By the 1730s the Mughal Empire lay in ruins.

The rulers of Delhi, the ‘Padshahs of the world’ had been humbled and the successors of Aurangzeb lived in terror of the revolutions convulsing the subcontinent of India.

The spectre of religious fanaticism in the late 1600s had led to a revolt by the Hindu populace of India from the foothills of the Himalayas, the Rajputs of Rajasthan, The Jaats of Bharatpur, the Bundelas of Central India, the Satnamis of North India, The Kolis and Bhils of Gujarat, The Bedars of South India and the Ahoms of Eastern India.

None however provoked as much terror and fear in the hearts of their enemies as the slogan of the Hindu padshahi coined by the first great leader Shivaji of the irresistible cavalry pouring from the arid hills of Western India. These were the Hindu Marathas. From the inspiration of Shivaji and Sant Ramdas they unleashed such energies into India that the Mughal Empire fell in ruin.

Following the death of Shivaji and the 25 year war of liberation the Marathas freed their homeland from Mughal tyranny when the son of the prime minister, a 19 year old lad named Baji Rao made an inspired speech in the court of the Maratha king.

‘Strike, strike at the heart of the rotting tree and the branches will fall of themselves. Then this land of the Hindus will be free’

He then embarked on a ceaseless twenty year campaign in a strike northwards, every year inching nearer to Delhi and the extinction of the Mughal Empire. It is said that the Mughal emperor was in such terror that he refused a meeting with Baji Rao, fearing to sit in his presence. The holy pilgrimage routes of the Hindus from Mathura, to Benares to Somnath were made free of harassment.

The greatest of the warriors of the empire, Mughal, Pathan and Central Asian alike were defeated by Baji Rao: Nizam ul Mulk, Khan I Dauran, Muhammad Khan are but a few of the names of the warriors who failed before the Marathas. The Battles of Bhopal, Palkhed, the victories over the Portuguese invaders in Western India are amongst his great achievements.

He died at the untimely age of 39 in 1739, in military camp surrounded by his army.

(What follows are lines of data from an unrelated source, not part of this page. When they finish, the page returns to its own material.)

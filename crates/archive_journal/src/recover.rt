//! Finds the frames of a file that a crash may have left, by reading alone.
ghost use Rattle.std.specs.Prelude.{◌≡◌, ◌+◌, ◌^◌, ◌<◌, ◌≤◌, ℕ, List, length, take, drop, IfOk, IfErr, IfSome, MatchResult, IsErrOf};
ghost use Rattle.disk_model.specs.View.{WhereTold, file_of};
ghost use Rattle.disk_model.specs.Effects.{OnlyReads, WritesNothing};
ghost use Rattle.archive_journal.specs.Recovery.{IsNext, IsFound, Explains, HasMagic, IsSyncedUnlessFailed};

use crate::fault::RecoverFault;
use crate::frame::{LIMIT, MAGIC, OPEN};
use disk_model::Disk;
use std::alloc::Global;

// Where the gates stand in a file.
#[derive(Drop)]
pub(crate) struct Found {
    // The offset of each payload's gate.
    pub(crate) offsets: Vec<u64>,
    // The offset of the closed gate behind them.
    pub(crate) end: u64,
}

// What the first bytes at a gate say, up to 5, in a file of `len` bytes: the next gate's offset behind a
// whole open frame, None at a closed gate, or that the file is damaged here.
fn next_gate(head: &[u8], at: u64, len: u64) -> Result<Option<u64>, RecoverFault>
    requires { at < 2 ^ 63 }
    ensures next { (file : List ℕ) → head.now ≡ take 5 (drop at file) → len ≡ length file → IsNext (drop at file) at result }
    ensures bound { IfOk result (λ next. IfSome next (λ next. (at < next) × (next ≤ len))) }
    ensures damaged { IfErr result (λ fault. fault ≡ RecoverFault.Damaged at) }
{
    if head.is_empty() {
        return Err(RecoverFault::Damaged(at));
    }
    if head[0] != OPEN {
        return Ok(None);
    }
    if head.len() < 5 {
        return Err(RecoverFault::Damaged(at));
    }
    let size = u32::from_be_bytes([head[1], head[2], head[3], head[4]]);
    let next = at + 5 + size as u64;
    if size == 0 || size > LIMIT || next > len {
        return Err(RecoverFault::Damaged(at));
    }
    Ok(Some(next))
}

// Reads what stands at a gate.
fn read_gate<D: Disk>(disk: &mut D, at: u64, len: u64) -> Result<Option<u64>, RecoverFault>
    requires { at < 2 ^ 63 }
    ensures next { WhereTold (D.view disk.old) (len ≡ length (file_of (D.view disk.old)) → IsNext (drop at (file_of (D.view disk.old))) at result) }
    ensures bound { IfOk result (λ next. IfSome next (λ next. (at < next) × (next ≤ len))) }
    ensures read { OnlyReads (D.view disk.old) (D.view disk.new) (IsErrOf result RecoverFault.DiskFault) }
{
    let mut head = [0; 5];
    let count = disk.read(at, &mut head)?;
    next_gate(&head[..count], at, len)
}

// Tests the magic, and that there is a gate behind it.
fn check_magic<D: Disk>(disk: &mut D) -> Result<(), RecoverFault>
    ensures magic { WhereTold (D.view disk.old) (MatchResult result (λ _. HasMagic (file_of (D.view disk.old))) (Explains (file_of (D.view disk.old)))) }
    ensures read { OnlyReads (D.view disk.old) (D.view disk.new) (IsErrOf result RecoverFault.DiskFault) }
{
    let mut head = [0; 17];
    let count = disk.read(0, &mut head)?;
    if count < head.len() || !head.starts_with(&MAGIC) {
        return Err(RecoverFault::NotAJournal);
    }
    Ok(())
}

// Goes from gate to gate up to the first that is closed, in a file of `len` bytes with the magic.
fn walk<D: Disk>(alloc: Global, disk: &mut D, len: u64) -> Result<Found, RecoverFault>
    requires len { (len < 2 ^ 63) × WhereTold (D.view disk.old) (len ≡ length (file_of (D.view disk.old))) }
    requires magic { WhereTold (D.view disk.old) (HasMagic (file_of (D.view disk.old))) }
    ensures bound { IfOk result (λ found. found.end < 2 ^ 63) }
    ensures found { WhereTold (D.view disk.old)
        (MatchResult result (λ found. IsFound (file_of (D.view disk.old)) found.offsets.items found.end) (Explains (file_of (D.view disk.old)))) }
    ensures read { OnlyReads (D.view disk.old) (D.view disk.new) (IsErrOf result RecoverFault.DiskFault) }
{
    let mut offsets = Vec::new(alloc);
    let mut at = MAGIC.len() as u64;
    'gates: while let Some(next) = read_gate(disk, at, len)? {
        offsets.push(at)?;
        at = next;
    }
    Ok(Found { offsets, end: at })
}

// Syncs, and then finds the frames: unless the disk failed, what is read is on the disk, also where it is
// no journal.
pub(crate) fn find_frames<D: Disk>(alloc: Global, disk: &mut D) -> Result<Found, RecoverFault>
    ensures bound { IfOk result (λ found. found.end < 2 ^ 63) }
    ensures found { WhereTold (D.view disk.old)
        (MatchResult result (λ found. IsFound (file_of (D.view disk.old)) found.offsets.items found.end) (Explains (file_of (D.view disk.old)))) }
    ensures synced { WhereTold (D.view disk.old) (IsSyncedUnlessFailed (D.view disk.new) (file_of (D.view disk.old)) result) }
    ensures disk { WritesNothing (D.view disk.old) (D.view disk.new) (IsErrOf result RecoverFault.DiskFault) }
{
    disk.sync()?;
    let len = disk.len()?;
    check_magic(disk)?;
    walk(alloc, disk, len)
}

He has been described as the incarnation of Hindu energy, ceaselessly striving for 20 years to establish the Hindu Padshahi. His sons continued his mission of carrying the saffron flag to the gates of Afghanistan in 1758 to the fort of Attock in the North and simultaneously marching to the Southern shores of India. He represents the creative and destructive power of Dharma as he unleashed the urge of a people yearning to be free and remains as a symbol of victory to the modern day.